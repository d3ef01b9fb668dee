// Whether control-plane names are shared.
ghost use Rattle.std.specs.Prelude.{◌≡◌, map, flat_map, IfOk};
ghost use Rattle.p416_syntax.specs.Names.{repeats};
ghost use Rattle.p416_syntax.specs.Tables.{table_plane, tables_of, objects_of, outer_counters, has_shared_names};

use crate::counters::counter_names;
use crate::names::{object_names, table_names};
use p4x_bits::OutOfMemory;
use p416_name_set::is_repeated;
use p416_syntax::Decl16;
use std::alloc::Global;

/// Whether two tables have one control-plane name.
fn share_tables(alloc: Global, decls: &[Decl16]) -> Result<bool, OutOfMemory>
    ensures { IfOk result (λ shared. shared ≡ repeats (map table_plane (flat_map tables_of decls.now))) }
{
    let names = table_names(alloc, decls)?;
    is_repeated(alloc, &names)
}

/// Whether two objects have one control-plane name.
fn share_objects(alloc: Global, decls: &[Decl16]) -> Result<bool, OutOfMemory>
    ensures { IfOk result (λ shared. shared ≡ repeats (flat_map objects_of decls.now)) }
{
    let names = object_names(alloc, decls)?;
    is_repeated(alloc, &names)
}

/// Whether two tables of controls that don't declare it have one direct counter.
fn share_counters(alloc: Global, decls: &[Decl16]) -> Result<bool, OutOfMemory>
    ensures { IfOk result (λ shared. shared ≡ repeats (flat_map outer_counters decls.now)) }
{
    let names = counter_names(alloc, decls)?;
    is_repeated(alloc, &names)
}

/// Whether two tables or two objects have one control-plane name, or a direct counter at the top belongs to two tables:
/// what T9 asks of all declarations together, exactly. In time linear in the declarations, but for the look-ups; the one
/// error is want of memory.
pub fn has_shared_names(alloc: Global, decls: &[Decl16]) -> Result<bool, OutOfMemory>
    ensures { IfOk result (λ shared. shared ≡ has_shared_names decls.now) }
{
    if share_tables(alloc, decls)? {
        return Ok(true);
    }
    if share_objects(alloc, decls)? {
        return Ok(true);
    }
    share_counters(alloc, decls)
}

Exercise goal
Each entry in the listing is to be output exactly as given.

Answer space
repository d3ef01b9fb668dee
// Whether control-plane names are shared.
ghost use Rattle.std.specs.Prelude.{◌≡◌, map, flat_map, IfOk};
ghost use Rattle.p416_syntax.specs.Names.{repeats};
ghost use Rattle.p416_syntax.specs.Tables.{table_plane, tables_of, objects_of, outer_counters, has_shared_names};

use crate::counters::counter_names;
use crate::names::{object_names, table_names};
use p4x_bits::OutOfMemory;
use p416_name_set::is_repeated;
use p416_syntax::Decl16;
use std::alloc::Global;

/// Whether two tables have one control-plane name.
fn share_tables(alloc: Global, decls: &[Decl16]) -> Result<bool, OutOfMemory>
    ensures { IfOk result (λ shared. shared ≡ repeats (map table_plane (flat_map tables_of decls.now))) }
{
    let names = table_names(alloc, decls)?;
    is_repeated(alloc, &names)
}

/// Whether two objects have one control-plane name.
fn share_objects(alloc: Global, decls: &[Decl16]) -> Result<bool, OutOfMemory>
    ensures { IfOk result (λ shared. shared ≡ repeats (flat_map objects_of decls.now)) }
{
    let names = object_names(alloc, decls)?;
    is_repeated(alloc, &names)
}

/// Whether two tables of controls that don't declare it have one direct counter.
fn share_counters(alloc: Global, decls: &[Decl16]) -> Result<bool, OutOfMemory>
    ensures { IfOk result (λ shared. shared ≡ repeats (flat_map outer_counters decls.now)) }
{
    let names = counter_names(alloc, decls)?;
    is_repeated(alloc, &names)
}

/// Whether two tables or two objects have one control-plane name, or a direct counter at the top belongs to two tables:
/// what T9 asks of all declarations together, exactly. In time linear in the declarations, but for the look-ups; the one
/// error is want of memory.
pub fn has_shared_names(alloc: Global, decls: &[Decl16]) -> Result<bool, OutOfMemory>
    ensures { IfOk result (λ shared. shared ≡ has_shared_names decls.now) }
{
    if share_tables(alloc, decls)? {
        return Ok(true);
    }
    if share_objects(alloc, decls)? {
        return Ok(true);
    }
    share_counters(alloc, decls)
}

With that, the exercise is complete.